Kind of looks like Ron Jeremy.
 

Barakov

Gold Member
Nintendo are starting to sound and look like the mafia...
Ninkuza
Yatendo
Well, Yamuchi looked like a straight up gangster, so I'm not surprised. You don't take a card-making company that had been active solely in Japan into a multibillion-dollar video game publisher and global conglomerate by being a nice guy.

He was definitely using some yakuza-business strats. Also, it takes Jupiter size balls to tell off Microsoft the way he did.
 

Kataploom

Gold Member
So Nintendo is putting "Nintendo" in very compromising files in plain english?

Sure, sounds legit totally legit, not suspect at all...

Bu even if it's true, as long as they keep it under the legal markup, I don't see how it's a "bad" thing if it's to protect their business (of which depend thousands of working people), unless they literally send hitmen to hackers houses (or actual ninjas).
 

Kamina

Golden Boy
Well, Yamuchi looked like a straight up gangster, so I'm not surprised. You don't take a card-making company that had been active solely in Japan into a multibillion-dollar video game publisher and global conglomerate by being a nice guy.

He was definitely using some yakuza-business strats.
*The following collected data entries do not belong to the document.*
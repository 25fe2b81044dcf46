//! What each call adds to a package, asked of a tree.
ghost use Rattle.std.specs.Prelude.{◌≡◌, ◌↔◌, true, false, map, string_bytes, Err, IfOk, IfErr};
ghost use Rattle.std.specs.List.{list_all};
ghost use Rattle.path_pkg.specs.Fault.{is_decided, is_simplify_error, IsPackAnswer, PackLeavesTree};
ghost use Rattle.path_pkg.specs.Path.{is_absolute};
ghost use Rattle.path_pkg.specs.Records.{record_fits, is_wanted, unwanted, then_checked, added, is_packed};
ghost use Rattle.path_pkg.specs.Records.{found, all_found, behind_links, found_at, contents_records};
ghost use Rattle.path_pkg.specs.Place.{spot_of};
ghost use Rattle.path_pkg.specs.Resolved.{target_kind_at};
ghost use Rattle.path_pkg.specs.Simplified.{simplified};
ghost use Rattle.path_pkg.specs.Told.{WhereTold};

use crate::fault::PackError;
use crate::node::Kind;
use crate::path::is_absolute;
use crate::place::{Place, text};
use crate::record::{Packed, Record, checked, link_records, records_at};
use crate::simplify::simplified;
use crate::tree::Tree;
use dist_types::text::Text;
use std::alloc::{AllocError, Global};

fn is_wanted(what: Packed, kind: Kind) -> bool
    ensures { result ≡ is_wanted what kind }
{
    match kind {
        Kind::Dir => match what {
            Packed::Dir => true,
            Packed::File => false,
        },
        Kind::File => match what {
            Packed::Dir => false,
            Packed::File => true,
        },
        Kind::Link => match what {
            Packed::Dir => false,
            Packed::File => false,
        },
        Kind::Other => match what {
            Packed::Dir => false,
            Packed::File => false,
        },
        Kind::None => match what {
            Packed::Dir => false,
            Packed::File => false,
        },
    }
}

/// Whether a path leads to what is wanted.
#[tactic(auto, using(crate::proofs::FaultLemmas::undecided, crate::proofs::FaultLemmas::of_simplify, crate::proofs::FaultLemmas::pack_refused, crate::proofs::FaultLemmas::untouched))]
fn leads_to<T: Tree>(tree: &mut T, path: &str, what: Packed) -> Result<bool, PackError>
    ensures leads { IfOk result
        (λ b. WhereTold (T.told tree.old) (λ t. b ≡ is_wanted what (target_kind_at t path.now))) }
    ensures decided { IfErr result (λ e. is_decided e ≡ false) }
    ensures reasons { IfErr result (λ e. is_simplify_error e ≡ true) }
    ensures leaves { PackLeavesTree result (T.told tree.old) (T.told tree.new) }
{
    let kind = tree.target_kind(path)?;
    Ok(is_wanted(what, kind))
}

/// What stands at a path, and the links on its way.
#[tactic(auto, using(crate::proofs::FaultLemmas::untouched))]
fn records_to<T: Tree>(
    alloc: Global,
    tree: &mut T,
    path: &str,
    what: Packed,
) -> Result<Vec<Record>, PackError>
    ensures records { WhereTold (T.told tree.old)
        (λ t. IsPackAnswer (λ v. v.items) (then_checked what (simplified true t path.now)) result) }
    ensures reasons { IfErr result (λ e. ¬ (e ≡ PackError.NotAbsolute)) }
    ensures fit { IfOk result (λ v. list_all record_fits v.items ≡ true) }
    ensures leaves { PackLeavesTree result (T.told tree.old) (T.told tree.new) }
{
    match simplified(alloc, tree, true, path) {
        Ok(place) => {
            let records = records_at(alloc, what, &place)?;
            checked(records)
        }
        Err(fault) => Err(fault),
    }
}

/// What adding a directory or a file adds.
#[tactic(auto, using(crate::proofs::FaultLemmas::untouched), unfolding(crate::specs::Records::added))]
pub(crate) fn added<T: Tree>(
    alloc: Global,
    tree: &mut T,
    path: &str,
    what: Packed,
) -> Result<Vec<Record>, PackError>
    ensures records { WhereTold (T.told tree.old)
        (λ t. IsPackAnswer (λ v. v.items) (added what t path.now) result) }
    ensures not_absolute { (result ≡ Err PackError.NotAbsolute) ↔ (is_absolute path.now ≡ false) }
    ensures fit { IfOk result (λ v. list_all record_fits v.items ≡ true) }
    ensures leaves { PackLeavesTree result (T.told tree.old) (T.told tree.new) }
{
    if !is_absolute(path) {
        return Err(PackError::NotAbsolute);
    }
    if !leads_to(tree, path, what)? {
        return Err(unwanted(what));
    }
    records_to(alloc, tree, path, what)
}

fn unwanted(what: Packed) -> PackError
    ensures { result ≡ unwanted what }
{
    match what {
        Packed::Dir => PackError::NotDir,
        Packed::File => PackError::NotFile,
    }
}

/// Whether a path in a directory is packed: a file, or a link that leads to one.
#[tactic(auto, using(crate::proofs::FaultLemmas::undecided, crate::proofs::FaultLemmas::of_simplify, crate::proofs::FaultLemmas::pack_refused, crate::proofs::FaultLemmas::untouched))]
fn is_packed<T: Tree>(tree: &mut T, path: &str) -> Result<bool, PackError>
    ensures packed { IfOk result (λ b. WhereTold (T.told tree.old) (λ t. b ≡ is_packed t path.now)) }
    ensures decided { IfErr result (λ e. is_decided e ≡ false) }
    ensures reasons { IfErr result (λ e. is_simplify_error e ≡ true) }
    ensures leaves { PackLeavesTree result (T.told tree.old) (T.told tree.new) }
{
    let kind = tree.kind(path)?;
    match kind {
        Kind::File => Ok(true),
        Kind::Link => leads_to(tree, path, Packed::File),
        Kind::Dir => Ok(false),
        Kind::Other => Ok(false),
        Kind::None => Ok(false),
    }
}

/// What a path in a directory adds.
#[tactic(auto, using(crate::proofs::FaultLemmas::untouched), unfolding(crate::specs::Records::found))]
fn found<T: Tree>(alloc: Global, tree: &mut T, path: &str) -> Result<Vec<Record>, PackError>
    ensures records { WhereTold (T.told tree.old)
        (λ t. IsPackAnswer (λ v. v.items) (found t path.now) result) }
    ensures reasons { IfErr result (λ e. is_simplify_error e ≡ true) }
    ensures leaves { PackLeavesTree result (T.told tree.old) (T.told tree.new) }
{
    if !is_packed(tree, path)? {
        return Ok(Vec::new(alloc));
    }
    match simplified(alloc, tree, true, path) {
        Ok(place) => {
            let records = records_at(alloc, Packed::File, &place)?;
            Ok(records)
        }
        Err(fault) => Err(fault),
    }
}

/// What the paths in a directory add.
#[tactic(auto, using(crate::proofs::FaultLemmas::untouched))]
fn all_found<T: Tree>(
    alloc: Global,
    tree: &mut T,
    paths: &[String],
) -> Result<Vec<Record>, PackError>
    ensures records { WhereTold (T.told tree.old)
        (λ t. IsPackAnswer (λ v. v.items) (all_found t (map string_bytes paths.now)) result) }
    ensures reasons { IfErr result (λ e. is_simplify_error e ≡ true) }
    ensures leaves { PackLeavesTree result (T.told tree.old) (T.told tree.new) }
{
    let mut records = Vec::new(alloc);
    for path in paths {
        match found(alloc, tree, path.as_str()) {
            Ok(mut more) => records.append(&mut more)?,
            Err(fault) => return Err(fault),
        }
    }
    Ok(records)
}

/// What adding the contents of a directory adds.
#[tactic(auto, using(crate::proofs::FaultLemmas::untouched), unfolding(crate::specs::Records::contents_records))]
pub(crate) fn contents<T: Tree>(
    alloc: Global,
    tree: &mut T,
    path: &str,
) -> Result<Vec<Record>, PackError>
    ensures records { WhereTold (T.told tree.old)
        (λ t. IsPackAnswer (λ v. v.items) (contents_records t path.now) result) }
    ensures not_absolute { (result ≡ Err PackError.NotAbsolute) ↔ (is_absolute path.now ≡ false) }
    ensures fit { IfOk result (λ v. list_all record_fits v.items ≡ true) }
    ensures leaves { PackLeavesTree result (T.told tree.old) (T.told tree.new) }
{
    if !is_absolute(path) {
        return Err(PackError::NotAbsolute);
    }
    if !leads_to(tree, path, Packed::Dir)? {
        return Err(PackError::NotDir);
    }
    match simplified(alloc, tree, true, path) {
        Ok(place) => contents_at(alloc, tree, &place),
        Err(fault) => Err(fault),
    }
}

/// What was found in a directory, with the links on its way in front; nothing, where nothing was found.
fn behind_links(
    alloc: Global,
    links: &[(Text, Text)],
    mut found: Vec<Record>,
) -> Result<Vec<Record>, AllocError>
    ensures { IfOk result (λ v. v.items ≡ behind_links links.now found.items) }
{
    if found.is_empty() {
        return Ok(found);
    }
    let mut records = link_records(alloc, links)?;
    records.append(&mut found)?;
    Ok(records)
}

/// Each file and each link to a file in a directory, with the links on the directory's way where there is such
/// a file.
#[tactic(auto, using(crate::proofs::FaultLemmas::undecided, crate::proofs::FaultLemmas::of_simplify, crate::proofs::FaultLemmas::pack_refused, crate::proofs::FaultLemmas::untouched))]
fn contents_at<T: Tree>(
    alloc: Global,
    tree: &mut T,
    place: &Place,
) -> Result<Vec<Record>, PackError>
    ensures records { WhereTold (T.told tree.old)
        (λ t. IsPackAnswer (λ v. v.items) (found_at t (spot_of place.now)) result) }
    ensures reasons { IfErr result (λ e. ¬ (e ≡ PackError.NotAbsolute)) }
    ensures fit { IfOk result (λ v. list_all record_fits v.items ≡ true) }
    ensures leaves { PackLeavesTree result (T.told tree.old) (T.told tree.new) }
{
    let path = text(alloc, place)?;
    let paths = tree.walk(path.as_str())?;
    match all_found(alloc, tree, &paths) {
        Ok(found) => {
            let records = behind_links(alloc, &place.links, found)?;
            checked(records)
        }
        Err(fault) => Err(fault),
    }
}
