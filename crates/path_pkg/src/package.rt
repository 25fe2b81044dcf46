//! Packages of directories, files and links.
ghost use Rattle.std.specs.Prelude.{◌≡◌, ◌↔◌, ◌++◌, [], true, false, codes, Err, OnErr, IfErr, OnOk};
ghost use Rattle.std.specs.List.{list_all};
ghost use Rattle.path_pkg.specs.Fault.{IsPackAnswer, PackLeavesTree};
ghost use Rattle.path_pkg.specs.Outline.{written_order, PutsPackage};
ghost use Rattle.path_pkg.specs.Path.{is_absolute};
ghost use Rattle.path_pkg.specs.Records.{record_fits, onto, added, contents_records};
ghost use Rattle.path_pkg.specs.Told.{WhereTold};
ghost use Rattle.path_pkg.specs.Written.{pieces, PutsPieces, Writes};
ghost use Rattle.path_pkg.specs.declared.record.Packed.TheVariants.{Dir, File};

use crate::collect::{added, contents};
use crate::fault::PackError;
use crate::record::{Packed, Record};
use crate::tree::Tree;
use crate::write::write_package;
use dist_types::sink::Sink;
use std::alloc::{AllocError, Global};
use std::marker::Model;

/// A package in the making, which contracts see as its records in the order in which they were added.
#[derive(Debug, Drop)]
pub struct ToolchainPackageBuilder {
    alloc: Global,
    records: Vec<Record>,
}

impl Model for ToolchainPackageBuilder {
    ghost use Rattle.std.specs.Prelude.{List};
    ghost use Rattle.path_pkg.specs.declared.record.Record.{Record};
    ghost use Rattle.path_pkg.specs.Records.{RecordsFit};

    ghost Value = { List Record };

    ghost view = { λ b. b.records.items };

    ghost invariant = { λ b. RecordsFit b.records.items };
}

impl ToolchainPackageBuilder {
    /// An empty package. It takes no memory.
    pub fn new(alloc: Global) -> Self
        ensures { result ≡ [] }
    {
        ToolchainPackageBuilder {
            alloc,
            records: Vec::new(alloc),
        }
    }

    /// Adds the directory `/tmp`.
    pub fn add_common<T: Tree>(&mut self, tree: &mut T) -> Result<(), PackError>
        ensures records { WhereTold (T.told tree.old)
            (λ t. IsPackAnswer (λ _. self.new) (onto self.old (added Dir t (codes "/tmp"))) result) }
        ensures absolute { IfErr result (λ e. ¬ (e ≡ PackError.NotAbsolute)) }
        ensures err { OnErr result (self.new ≡ self.old) }
        ensures leaves { PackLeavesTree result (T.told tree.old) (T.told tree.new) }
    {
        self.add_dir(tree, "/tmp")
    }

    /// Adds a directory and the links on its way. The root adds only the links. In this order: NotAbsolute
    /// exactly where the path does not begin with `/`; NotDir where it leads to no directory; TooManyLinks
    /// past forty links; PathTooLong where a packed path, or the path or target of a link, is longer than
    /// 65,535 bytes.
    pub fn add_dir<T: Tree>(&mut self, tree: &mut T, path: &str) -> Result<(), PackError>
        ensures records { WhereTold (T.told tree.old)
            (λ t. IsPackAnswer (λ _. self.new) (onto self.old (added Dir t path.now)) result) }
        ensures not_absolute { (result ≡ Err PackError.NotAbsolute) ↔ (is_absolute path.now ≡ false) }
        ensures err { OnErr result (self.new ≡ self.old) }
        ensures leaves { PackLeavesTree result (T.told tree.old) (T.told tree.new) }
    {
        match added(self.alloc, tree, path, Packed::Dir) {
            Ok(mut more) => {
                append(&mut self.records, &mut more)?;
                Ok(())
            }
            Err(fault) => Err(fault),
        }
    }

    /// Adds a file and the links on its way, and is refused as `add_dir`, with NotFile in place of NotDir.
    pub fn add_file<T: Tree>(&mut self, tree: &mut T, path: &str) -> Result<(), PackError>
        ensures records { WhereTold (T.told tree.old)
            (λ t. IsPackAnswer (λ _. self.new) (onto self.old (added File t path.now)) result) }
        ensures not_absolute { (result ≡ Err PackError.NotAbsolute) ↔ (is_absolute path.now ≡ false) }
        ensures err { OnErr result (self.new ≡ self.old) }
        ensures leaves { PackLeavesTree result (T.told tree.old) (T.told tree.new) }
    {
        match added(self.alloc, tree, path, Packed::File) {
            Ok(mut more) => {
                append(&mut self.records, &mut more)?;
                Ok(())
            }
            Err(fault) => Err(fault),
        }
    }

    /// Adds each file below a directory and each link there that leads to a file, with the links on their
    /// way, those to the directory too, and skips all else: where there is no such file it adds nothing. It is
    /// refused as `add_dir`, and then adds nothing.
    pub fn add_dir_contents<T: Tree>(&mut self, tree: &mut T, path: &str) -> Result<(), PackError>
        ensures records { WhereTold (T.told tree.old)
            (λ t. IsPackAnswer (λ _. self.new) (onto self.old (contents_records t path.now)) result) }
        ensures not_absolute { (result ≡ Err PackError.NotAbsolute) ↔ (is_absolute path.now ≡ false) }
        ensures err { OnErr result (self.new ≡ self.old) }
        ensures leaves { PackLeavesTree result (T.told tree.old) (T.told tree.new) }
    {
        match contents(self.alloc, tree, path) {
            Ok(mut more) => {
                append(&mut self.records, &mut more)?;
                Ok(())
            }
            Err(fault) => Err(fault),
        }
    }

    /// Writes the package as a framed list: its directories, then its files, then its links, each by path in
    /// byte order, of each path the last, each file with its content. Over a tree that does not tell what
    /// stands where, its paths and links are these, with some content for each file. TreeFault, NotUtf8 and
    /// SinkFault come only where a count rose. After a refusal a front of the list was written, which ends
    /// before a file that is gone.
    pub fn into_framed_list<T: Tree, W: Sink>(
        self,
        tree: &mut T,
        out: &mut W,
    ) -> Result<(), PackError>
        ensures puts { WhereTold (T.told tree.old)
            (λ t. PutsPieces result (pieces t self) (W.held out.old) (W.held out.new)) }
        ensures outline { PutsPackage result (written_order self) (W.held out.old) (W.held out.new) }
        ensures writes { Writes result (T.told tree.old) (T.told tree.new) (W.faults out.old)
            (W.faults out.new) }
    {
        let alloc = self.alloc;
        write_package(alloc, tree, out, &self.records)
    }
}

fn append(records: &mut Vec<Record>, more: &mut Vec<Record>) -> Result<(), AllocError>
    requires fit { list_all record_fits records.old.items ≡ true }
    requires more_fit { list_all record_fits more.old.items ≡ true }
    ensures ok { OnOk result (records.new.items ≡ records.old.items ++ more.old.items) }
    ensures err { OnErr result (records.new.items ≡ records.old.items) }
    ensures still_fit { list_all record_fits records.new.items ≡ true }
{
    records.append(more)?;
    Ok(())
}
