//! Objects in memory whose listed calls fail.
ghost use Rattle.std.specs.Prelude.{◌≡◌, ◌≤◌, if◌then◌else◌, is_err};
ghost use Rattle.dist_types.specs.Cause.{counted};
ghost use Rattle.dist_types.specs.InMemory.{is_listed};

use dist_types::fault::{Failed, raise};

/// One more call. It fails, and raises the count of faults, exactly where its number, which is the count of
/// the calls before it, is listed. Both counts stop at their end, 2^64 - 1.
pub fn begin_call(fails: &[u64], calls: &mut u64, faults: &mut u64) -> Result<(), Failed>
    ensures fails { is_err result ≡ is_listed fails.now calls.old }
    ensures calls { calls.new ≡ counted calls.old }
    ensures counted { faults.new ≡ (if is_err result then counted faults.old else faults.old) }
    ensures later { faults.old ≤ faults.new }
{
    let number = *calls;
    *calls = calls.saturating_add(1);
    let _ = *faults;
    if fails.contains(&number) {
        raise(faults);
        return Err(Failed);
    }
    Ok(())
}
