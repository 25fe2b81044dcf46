//! What holds of every framed list, of every path made simple, and of every run of a transformer of Windows
//! paths.
ghost use Rattle.std.specs.Prelude.{◌≡◌, ◌++◌, ◌<◌, ◌≤◌, ◌^◌, [], length, true, Bool, List, ℕ, Ok, Option};
ghost use Rattle.std.specs.Prelude.{None};
ghost use Rattle.path_pkg.specs.Framed.{Frame, IsFramedList};
ghost use Rattle.path_pkg.specs.Records.{RecordsFit};
ghost use Rattle.path_pkg.specs.Simple.{IsSimple, IsFreeOfLinks};
ghost use Rattle.path_pkg.specs.Simplified.{simplified, simple_path};
ghost use Rattle.path_pkg.specs.Spot.{Spot};
ghost use Rattle.path_pkg.specs.Told.{Nodes};
ghost use Rattle.path_pkg.specs.Written.{content_in, frames, pieces, up_to_gone, AreThere};
ghost use Rattle.path_pkg.specs.declared.record.Record.{Record};
ghost use Rattle.path_pkg.specs.Windows.{mapped_all, local_of, last_sent_as};

/// No framed list begins another: where two of them stand in front of one text, they are one, with the same
/// records.
pub fn no_list_begins_another()
    ensures one { (a b rest more : List ℕ) (fs gs : List Frame) → IsFramedList a fs → IsFramedList b gs
        → a ++ rest ≡ b ++ more → (fs ≡ gs) × (a ≡ b) × (rest ≡ more) }
{}

/// Whatever paths a transformer mapped, the path that it gives for a text is the last that it mapped to it.
pub fn the_last_path_is_given()
    ensures last { (paths : List (List ℕ × Option (List ℕ))) (text : List ℕ)
        → local_of (mapped_all [] paths) text ≡ last_sent_as text None paths }
{}

/// What a package is written as, where no file of it is gone, is a framed list, of directories, then files,
/// then links, each by path in byte order.
pub fn packages_are_framed_lists()
    ensures list { (t : Nodes) (records : List Record) → RecordsFit records
        → ((path : List ℕ) → length (content_in t path) < 2 ^ 64) → AreThere (pieces t records)
        → IsFramedList (up_to_gone (pieces t records)) (frames t records) }
{}

/// A path made simple has no empty part, no `.` and no `..`.
pub fn simple_paths_are_names()
    ensures simple { (recording : Bool) (t : Nodes) (path text : List ℕ)
        → simple_path recording t path ≡ Ok text → IsSimple text }
{}

/// With recording no link stands at a path made simple, nor at a front of it.
pub fn recorded_paths_have_no_link()
    ensures free { (t : Nodes) (path text : List ℕ) → simple_path true t path ≡ Ok text
        → IsFreeOfLinks t text }
{}

/// A path made simple is made so to itself.
pub fn simple_paths_stay()
    ensures same { (recording : Bool) (t : Nodes) (path text : List ℕ)
        → simple_path recording t path ≡ Ok text → simple_path recording t text ≡ Ok text }
{}

/// On one path at most forty links are noted.
pub fn at_most_forty_links_are_noted()
    ensures noted { (recording : Bool) (t : Nodes) (path : List ℕ) (s : Spot)
        → simplified recording t path ≡ Ok s → length s.links ≤ 40 }
{}
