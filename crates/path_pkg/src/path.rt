//! Paths as texts and as parts.
ghost use Rattle.std.specs.Prelude.{◌≡◌, ◌++◌, ◌∷◌, IfOk, OnOk, string_bytes};
ghost use Rattle.std.specs.Option.{option_to_list};
ghost use Rattle.std.specs.List.{flat_map};
ghost use Rattle.path_pkg.specs.Path.{is_absolute, path_text, step_in, steps_of};

use dist_types::text::Text;
use std::alloc::{AllocError, Global};
use std::collections::VecDeque;

/// A step that is still to be taken.
#[derive(Debug, Drop)]
pub enum Step {
    /// To the directory above.
    Up,
    /// To what has this name.
    Name(Text),
    /// Nowhere: the target of the link at this path is simple now.
    Linked(Text),
}

/// Whether a path begins with `/`.
pub(crate) fn is_absolute(path: &str) -> bool
    ensures { result ≡ is_absolute path.now }
{
    match path.as_bytes() {
        [b'/', ..] => true,
        _ => false,
    }
}

fn step_in(alloc: Global, piece: &str) -> Result<Option<Step>, AllocError>
    ensures { IfOk result (λ step. step ≡ step_in piece.now) }
{
    if piece == "" {
        return Ok(None);
    }
    if piece == "." {
        return Ok(None);
    }
    if piece == ".." {
        return Ok(Some(Step::Up));
    }
    let name = Text::of(alloc, piece)?;
    Ok(Some(Step::Name(name)))
}

fn push_some(steps: &mut VecDeque<Step>, step: Option<Step>) -> Result<(), AllocError>
    ensures { OnOk result (steps.new.items ≡ steps.old.items ++ option_to_list step) }
{
    match step {
        Some(step) => {
            steps.push_back(step)?;
            Ok(())
        }
        None => Ok(()),
    }
}

/// The steps of a path.
pub(crate) fn steps_of(alloc: Global, path: &str) -> Result<VecDeque<Step>, AllocError>
    ensures { IfOk result (λ steps. steps.items ≡ steps_of path.now) }
{
    let mut steps = VecDeque::new(alloc);
    for piece in path.split('/') {
        let step = step_in(alloc, piece)?;
        push_some(&mut steps, step)?;
    }
    Ok(steps)
}

pub(crate) fn push_joined(out: &mut String, parts: &[Text]) -> Result<(), AllocError>
    ensures { OnOk result (string_bytes out.new ≡ string_bytes out.old ++ flat_map (λ p. 47 ∷ p) parts.now) }
{
    for part in parts {
        out.push_str("/")?;
        out.push_str(part.get())?;
    }
    Ok(())
}

/// The text of a path.
pub(crate) fn path_text(alloc: Global, absolute: bool, parts: &[Text]) -> Result<String, AllocError>
    ensures { IfOk result (λ text. string_bytes text ≡ path_text absolute parts.now) }
{
    let mut out = String::from_str(alloc, if absolute { "/" } else { "" })?;
    match parts {
        [] => Ok(out),
        [first, others @ ..] => {
            out.push_str(first.get())?;
            push_joined(&mut out, others)?;
            Ok(out)
        }
    }
}
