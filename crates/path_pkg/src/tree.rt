//! Trees of directories, files and links: what is asked of one.
ghost use Rattle.std.specs.Prelude.{◌≡◌, ◌⊎◌, IfOk, Some, None, Err, map, string_bytes};
ghost use Rattle.path_pkg.specs.Told.{Told, WhereTold, LeavesTree, IsInByteOrder};
ghost use Rattle.path_pkg.specs.Resolved.{target_kind_at, content_at, paths_below};
ghost use Rattle.path_pkg.specs.Tree.{kind_at, link_at};

use crate::fault::TreeFault;
use crate::node::Kind;

/// A tree of directories, files and links.
pub trait Tree {
    /// What stands where, as far as it is told, and the counts of faults and of names that are not UTF-8. A
    /// call that is refused leaves what stands where; Failed and NotUtf8 raise their own count alone, and
    /// Memory raises none.
    ghost told: { Self → Told };

    /// The kind of what stands at a path. A link at its end is not followed.
    fn kind(&mut self, path: &str) -> Result<Kind, TreeFault>
        ensures kind { IfOk result (λ k. WhereTold (told self.old) (λ t. k ≡ kind_at t path.now)) }
        ensures leaves { LeavesTree result (told self.old) (told self.new) };

    /// The target of the link at a path. Failed where there is no link.
    fn read_link(&mut self, path: &str) -> Result<String, TreeFault>
        ensures target { IfOk result
            (λ s. WhereTold (told self.old) (λ t. link_at t path.now ≡ Some (string_bytes s))) }
        ensures no_link { WhereTold (told self.old) (λ t. link_at t path.now ≡ None
            → result ≡ Err TreeFault.Failed) }
        ensures leaves { LeavesTree result (told self.old) (told self.new) };

    /// The kind of what a path leads to, with each link followed, and None past forty links.
    fn target_kind(&mut self, path: &str) -> Result<Kind, TreeFault>
        ensures kind { IfOk result
            (λ k. WhereTold (told self.old) (λ t. k ≡ target_kind_at t path.now)) }
        ensures leaves { LeavesTree result (told self.old) (told self.new) };

    /// The content of the file that a path leads to, with each link followed. Failed where there is no file.
    fn read(&mut self, path: &str) -> Result<Vec<u8>, TreeFault>
        ensures content { IfOk result
            (λ v. WhereTold (told self.old) (λ t. content_at t path.now ≡ Some v.items)) }
        ensures no_file { WhereTold (told self.old) (λ t. content_at t path.now ≡ None
            → (result ≡ Err TreeFault.Failed) ⊎ (result ≡ Err TreeFault.Memory)) }
        ensures leaves { LeavesTree result (told self.old) (told self.new) };

    /// All paths below a directory, in byte order. No link is followed.
    fn walk(&mut self, path: &str) -> Result<Vec<String>, TreeFault>
        ensures paths { IfOk result
            (λ v. WhereTold (told self.old) (λ t. map string_bytes v.items ≡ paths_below t path.now)) }
        ensures leaves { LeavesTree result (told self.old) (told self.new) };

    /// The paths of what stands where strictly rise in byte order.
    ghost in_byte_order: { (tree : Self) → WhereTold (told tree) IsInByteOrder };
}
Also, it takes Jupiter size balls to tell off Microsoft the way he did.
Kimishima also looked like straight out of a Yakuza movie.

Tatsumi-Kimishima.png
 

Orpheum

Member
their lawyers have to do something. they have to protect their IP. companies all over the world do this shit, is Nintendo supposed to not because they have a friendly image?

frankly, it's getting old hearing people complain about this shit. if you are doing a homebrew Nintendo thing, you know how they are by now. either have your shit locked up or STFU.

the guy who made Another Metroid 2 Remake finished the thing before dropping it. that's how you do it. a lot of these other people have years-long projects and are fundraising over it. that's.... that's not how you do it!

also LOL:

rEmtFlK.jpg

ilc1FGT.jpg

These paragraphs are evidence enough that this is true
 
clearly Nintendo was totally wrong in trying to reach out to this very talented engineer and offer him some kind of financial agreement rather than go straight to criminal proceedings. they should have left him alone and let him continue hacking items that they currently were selling.

that's the funny thing about all this. they were probably trying to hire this guy, who was a super engineer with a high profile in the Nintendo hacking scene. yet these Tweets are painting the narrative that they are "intimidating" him. lol.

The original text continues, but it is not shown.